What you should do »
The records should be restated exactly from their first line through the line with "use ob_post::laws::total_laws;" in it.
───── Supplied data ─────
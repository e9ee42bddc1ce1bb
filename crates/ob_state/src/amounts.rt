//! A bound on the amounts of a state. Its function does nothing at run time.
ghost use Rattle.std.specs.Prelude.{◌≡◌, None};
ghost use Rattle.ob_post.specs.MoveLaws.{AreSmall};
ghost use Rattle.ob_state.specs.Amounts.{amount};
ghost use Rattle.ob_state.specs.Next.{next};
ghost use Rattle.ob_state.specs.Refusals.{refusal};

use crate::state::State;
use ob_command::Command;
use ob_post::laws::total_laws;

/// States that all amounts before and after an accepted command are below 2^63.
pub fn amounts_are_small(state: &State, command: &Command)
    requires accepted { refusal state.now.state command.now ≡ None }
    ensures before { AreSmall (amount state.now.state) }
    ensures after { AreSmall (amount (next state.now.state command.now)) }
{
    total_laws();
    let _ = (state.accepted(), *command);
}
─────
Written reply »
repository e9ee42bddc1ce1bb
filename crates/ob_state/src/amounts.rt
//! A bound on the amounts of a state. Its function does nothing at run time.
ghost use Rattle.std.specs.Prelude.{◌≡◌, None};
ghost use Rattle.ob_post.specs.MoveLaws.{AreSmall};
ghost use Rattle.ob_state.specs.Amounts.{amount};
ghost use Rattle.ob_state.specs.Next.{next};
ghost use Rattle.ob_state.specs.Refusals.{refusal};

use crate::state::State;
use ob_command::Command;
use ob_post::laws::total_laws;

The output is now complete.